¿Qué habría más allá de la punta? ¿Calas, arrecifes, otra dentada línea de acantilados? Desde la playa, Dax no podía saberlo.
Para salir de dudas, se arrojó al mar. La resaca lo arrastró y pronto dejó de hacer pie. Una ola le estalló encima, haciéndole rodar hasta el rocoso lecho. En cuanto logró salir a la superficie, volvió a sumergirse para evitar las rompientes. Buceando, abrió los ojos. El agua era opaca, de un verde botella refractario a la luz.
La playa se alejaba de él. Cuando ya temía derivar a mar abierto, una corriente transversal le impulsó hacia la punta tras la que había desaparecido la chica. Para evitar los arrecifes, bastaba con dejarse flotar hasta el otro lado del promontorio, donde se perfilaba una minúscula cala en forma de concha, media luna de arena negra. Con un último esfuerzo, Dax braceó hasta la orilla y salió del agua.
Las huellas de Puerto no se habían borrado de la superficie de las rocas. Se dirigían al farallón. Dax las fue siguiendo hasta la abrupta pared del acantilado, de la que pendía una escala.

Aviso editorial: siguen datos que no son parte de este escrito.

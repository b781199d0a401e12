//! The numbers of servers and shards while a reopening is under way: those that are recorded keep theirs, and the new
//! ones of a document follow in its order.
ghost use Rattle.std.specs.Prelude.{◌≡◌, ◌++◌, ◌∷◌, [], ℕ, ◌<◌, IfOk, OnOk, Some, length, map, slice_get};
ghost use Rattle.std.specs.List.{filter};
ghost use Rattle.sm_placement.specs.Config.{server_names, server_row, shard_names, shard_row, setup_of};
ghost use Rattle.sm_placement.specs.Setup.{names_of_servers, names_of_shards};
ghost use Rattle.smpland_reopening.specs.Numbers.{AreNumbered, KeepsNames, is_new_server, is_new_shard};
ghost use Rattle.smpland_reopening.specs.Numbers.{numbered_under, server_as_documented, shard_as_documented};

use crate::fault::ReopenFault;
use sm_placement::{Config, ConfigFault, MOST_SERVERS, MOST_SHARDS, Server, Shard};
use sm_server::{ServerId, ShardId};
use std::alloc::{AllocError, Global};

/// Servers, each at its number, and the numbers of a document's servers in its order.
#[derive(Drop)]
pub(crate) struct NumberedServers {
    pub rows: Vec<Server>,
    pub numbers: Vec<ServerId>,
}

/// Shards, each at its number, and the numbers of a document's shards in its order.
#[derive(Drop)]
pub(crate) struct NumberedShards {
    pub rows: Vec<Shard>,
    pub numbers: Vec<ShardId>,
}

/// Returns a recorded server as a document has it: without room if the document leaves it out.
fn documented_server(document: &Config, server: &Server) -> Result<Server, AllocError>
    ensures { IfOk result (λ row. server_row row ≡ server_as_documented document.now (server_row server.now)) }
{
    let room = match document.server_named(&server.name) {
        Some(number) => document.room(number),
        None => 0,
    };
    Ok(Server {
        name: server.name.clone()?,
        region: server.region.clone()?,
        room,
    })
}

/// Returns a recorded shard as a document has it: without replicas if the document leaves it out.
fn documented_shard(document: &Config, shard: &Shard) -> Result<Shard, AllocError>
    ensures { IfOk result (λ row. shard_row row ≡ shard_as_documented document.now (shard_row shard.now)) }
{
    let mut row = Shard {
        name: shard.name.clone()?,
        load: shard.load,
        want: 0,
        cap: 0,
        spread: 0,
    };
    if let Some(number) = document.shard_named(&shard.name) {
        let documented = document.shard(number);
        row.load = documented.load;
        row.want = documented.want;
        row.cap = documented.cap;
        row.spread = documented.spread;
    }
    Ok(row)
}

/// Gives a server the next number.
fn append_server(rows: &mut Vec<Server>, server: &Server) -> Result<(), AllocError>
    ensures names { OnOk result (server_names rows.new.items
        ≡ server_names rows.old.items ++ (server_row server.now).name ∷ []) }
    ensures rows { OnOk result (map server_row rows.new.items
        ≡ map server_row rows.old.items ++ server_row server.now ∷ []) }
{
    rows.push(server.clone()?)?;
    Ok(())
}

/// Returns the number that a document's server has, or otherwise gives it the next one.
#[tactic(auto, using(crate::proofs::Numbers::server_found, crate::proofs::Numbers::keeps_before, crate::proofs::Numbers::server_appended))]
fn server_number(
    rows: &mut Vec<Server>,
    recorded: &Config,
    server: &Server,
) -> Result<ServerId, ReopenFault>
    requires { KeepsNames (names_of_servers recorded.now) (server_names rows.old.items) }
    ensures kept { OnOk result (KeepsNames (server_names rows.old.items) (server_names rows.new.items)) }
    ensures number { IfOk result (λ number. slice_get (server_names rows.new.items) number
        ≡ Some (server_row server.now).name) }
    ensures rows { OnOk result (map server_row rows.new.items
        ≡ map server_row rows.old.items ++ filter (is_new_server recorded.now) (server_row server.now ∷ [])) }
{
    if let Some(number) = recorded.server_named(&server.name) {
        return Ok(number);
    }
    if rows.len() >= MOST_SERVERS {
        return Err(ReopenFault::TooMany);
    }
    let number = ServerId::new(rows.len() as u32);
    append_server(rows, server)?;
    Ok(number)
}

/// Notes the number of a document's next server.
fn note_server(numbers: &mut Vec<ServerId>, number: ServerId) -> Result<(), AllocError>
    ensures { OnOk result (numbers.new.items ≡ numbers.old.items ++ number ∷ []) }
{
    numbers.push(number)?;
    Ok(())
}

/// Gives a shard the next number.
fn append_shard(rows: &mut Vec<Shard>, shard: &Shard) -> Result<(), AllocError>
    ensures names { OnOk result (shard_names rows.new.items
        ≡ shard_names rows.old.items ++ (shard_row shard.now).name ∷ []) }
    ensures rows { OnOk result (map shard_row rows.new.items
        ≡ map shard_row rows.old.items ++ shard_row shard.now ∷ []) }
{
    rows.push(shard.clone()?)?;
    Ok(())
}

/// Returns the number that a document's shard has, or otherwise gives it the next one.
#[tactic(auto, using(crate::proofs::Numbers::shard_found, crate::proofs::Numbers::keeps_before, crate::proofs::Numbers::shard_appended))]
fn shard_number(
    rows: &mut Vec<Shard>,
    recorded: &Config,
    shard: &Shard,
) -> Result<ShardId, ReopenFault>
    requires { KeepsNames (names_of_shards recorded.now) (shard_names rows.old.items) }
    ensures kept { OnOk result (KeepsNames (shard_names rows.old.items) (shard_names rows.new.items)) }
    ensures number { IfOk result (λ number. slice_get (shard_names rows.new.items) number
        ≡ Some (shard_row shard.now).name) }
    ensures rows { OnOk result (map shard_row rows.new.items
        ≡ map shard_row rows.old.items ++ filter (is_new_shard recorded.now) (shard_row shard.now ∷ [])) }
{
    if let Some(number) = recorded.shard_named(&shard.name) {
        return Ok(number);
    }
    if rows.len() >= MOST_SHARDS {
        return Err(ReopenFault::TooMany);
    }
    let number = ShardId::new(rows.len() as u32);
    append_shard(rows, shard)?;
    Ok(number)
}

/// Notes the number of a document's next shard.
fn note_shard(numbers: &mut Vec<ShardId>, number: ShardId) -> Result<(), AllocError>
    ensures { OnOk result (numbers.new.items ≡ numbers.old.items ++ number ∷ []) }
{
    numbers.push(number)?;
    Ok(())
}

/// Returns the recorded servers as a document has them.
#[tactic(auto, using(crate::proofs::Numbers::server_names_next))]
fn recorded_servers(
    alloc: Global,
    recorded: &Config,
    document: &Config,
) -> Result<Vec<Server>, AllocError>
    ensures names { IfOk result (λ rows. server_names rows.items ≡ names_of_servers recorded.now) }
    ensures rows { IfOk result (λ rows. map server_row rows.items
        ≡ map (server_as_documented document.now) recorded.now.servers) }
{
    let mut rows = Vec::new(alloc);
    for number in 0..recorded.server_count() {
        let server = recorded.server(ServerId::new(number));
        rows.push(documented_server(document, server)?)?;
    }
    Ok(rows)
}

/// Returns the recorded shards as a document has them.
#[tactic(auto, using(crate::proofs::Numbers::shard_names_next))]
fn recorded_shards(
    alloc: Global,
    recorded: &Config,
    document: &Config,
) -> Result<Vec<Shard>, AllocError>
    ensures names { IfOk result (λ rows. shard_names rows.items ≡ names_of_shards recorded.now) }
    ensures rows { IfOk result (λ rows. map shard_row rows.items
        ≡ map (shard_as_documented document.now) recorded.now.shards) }
{
    let mut rows = Vec::new(alloc);
    for number in 0..recorded.shard_count() {
        let shard = recorded.shard(ShardId::new(number));
        rows.push(documented_shard(document, shard)?)?;
    }
    Ok(rows)
}

/// Numbers the servers that are recorded, and behind them those that are new in a document.
#[tactic(auto, using(crate::proofs::Numbers::none_numbered, crate::proofs::Numbers::numbered_next, crate::proofs::Numbers::server_name_at, sm_placement::proofs::ConfigLemmas::length_map))]
pub(crate) fn number_servers(
    alloc: Global,
    recorded: &Config,
    document: &Config,
) -> Result<NumberedServers, ReopenFault>
    ensures kept { IfOk result (λ numbered. KeepsNames (names_of_servers recorded.now)
        (server_names numbered.rows.items)) }
    ensures numbered { IfOk result (λ numbered. AreNumbered
        (server_names numbered.rows.items) numbered.numbers.items (names_of_servers document.now)) }
    ensures rows { IfOk result (λ numbered. map server_row numbered.rows.items
        ≡ (numbered_under recorded.now document.now).servers) }
{
    let mut rows = recorded_servers(alloc, recorded, document)?;
    let mut numbers = Vec::new(alloc);
    for place in 0..document.server_count() {
        let number = server_number(&mut rows, recorded, document.server(ServerId::new(place)))?;
        note_server(&mut numbers, number)?;
    }
    Ok(NumberedServers { rows, numbers })
}

/// Numbers the shards that are recorded, and behind them those that are new in a document.
#[tactic(auto, using(crate::proofs::Numbers::none_numbered, crate::proofs::Numbers::numbered_next, crate::proofs::Numbers::shard_name_at, sm_placement::proofs::ConfigLemmas::length_map))]
pub(crate) fn number_shards(
    alloc: Global,
    recorded: &Config,
    document: &Config,
) -> Result<NumberedShards, ReopenFault>
    ensures kept { IfOk result (λ numbered. KeepsNames (names_of_shards recorded.now)
        (shard_names numbered.rows.items)) }
    ensures numbered { IfOk result (λ numbered. AreNumbered (shard_names numbered.rows.items) numbered.numbers.items
        (names_of_shards document.now)) }
    ensures rows { IfOk result (λ numbered. map shard_row numbered.rows.items
        ≡ (numbered_under recorded.now document.now).shards) }
{
    let mut rows = recorded_shards(alloc, recorded, document)?;
    let mut numbers = Vec::new(alloc);
    for place in 0..document.shard_count() {
        let number = shard_number(&mut rows, recorded, document.shard(ShardId::new(place)))?;
        note_shard(&mut numbers, number)?;
    }
    Ok(NumberedShards { rows, numbers })
}

/// Returns a configuration of nothing.
pub(crate) fn no_config(alloc: Global) -> Result<Config, AllocError>
    ensures { IfOk result (λ config. config ≡ setup_of [] []) }
{
    match Config::new(alloc, &[], &[]) {
        Ok(config) => Ok(config),
        Err(ConfigFault::NoMemory) => Err(AllocError),
        Err(_) => unreachable!(),
    }
}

Bamboleándose, empezó a descender sus inseguros peldaños. Con el sol a la espalda, ascendió diez metros prácticamente en vertical. De golpe, la árida Montaña del Hombre Muerto alzó ante él su azufrosa mole. Su imponente aspecto no la hacía inexpugnable. Una senda iba serpenteando hasta su cima.
No se veía a Puerto. Era como si aquella árida pendiente se la hubiese tragado.
Dax atacó el ascenso. Al poco rato perdió el camino y tuvo que volver atrás por un terreno muy inclinado y suelto, resbaladizo y sin consolidar. La subida se le hacía más dura porque había dejado sus zapatos náuticos en la playa y afiladas piedrecillas se clavaban en las plantas de sus pies. Desde su llegada a la isla no había bebido más agua que la imprescindible para ingerir sus cápsulas y tenía tanta sed que un charco le habría invitado a calmarla. Pero, con todo lo que había llovido el día anterior, ni una pátina de humedad afloraba en la reseca falda del volcán.
Más de media hora le llevó alcanzar la cumbre. En lo alto, tomó aire y contempló el panorama.
Abajo, muy abajo, los barracones de la Colonia no parecían más grandes que cajas de cerillas. Dax distinguió la moto de Fagen, todavía tirada, y, en la puerta del tercer barracón, a cuyo inquilino aún no conocía, los coloridos gajos de una sombrilla.
Cuando hubo recobrado el aliento, comenzó a crestear el cráter. Como por arte de magia, la casa de Leo Cosmo («y de Puerto», pensó), surgió de la nada en medio de un paisaje puramente volcánico, duro y lacónico como el de un abandonado planeta. La fachada evidenciaba serlo por un zócalo de toba bajo el alabeado muro en el que, a la altura de unos dos metros y medio, se abrían dos óculos de piedra translúcida, emplomada con motivos geométricos, y un catedralicio portón tachonado con clavos de hierro en forma de estrellas de mar. Dos esfinges aladas cuya blanda aleación, de cobre o níquel, las hacía refulgir, vigilaban la entrada como esotéricos símbolos.
—¿No sabe que invadir una propiedad privada es delito? ¡Alto ahí!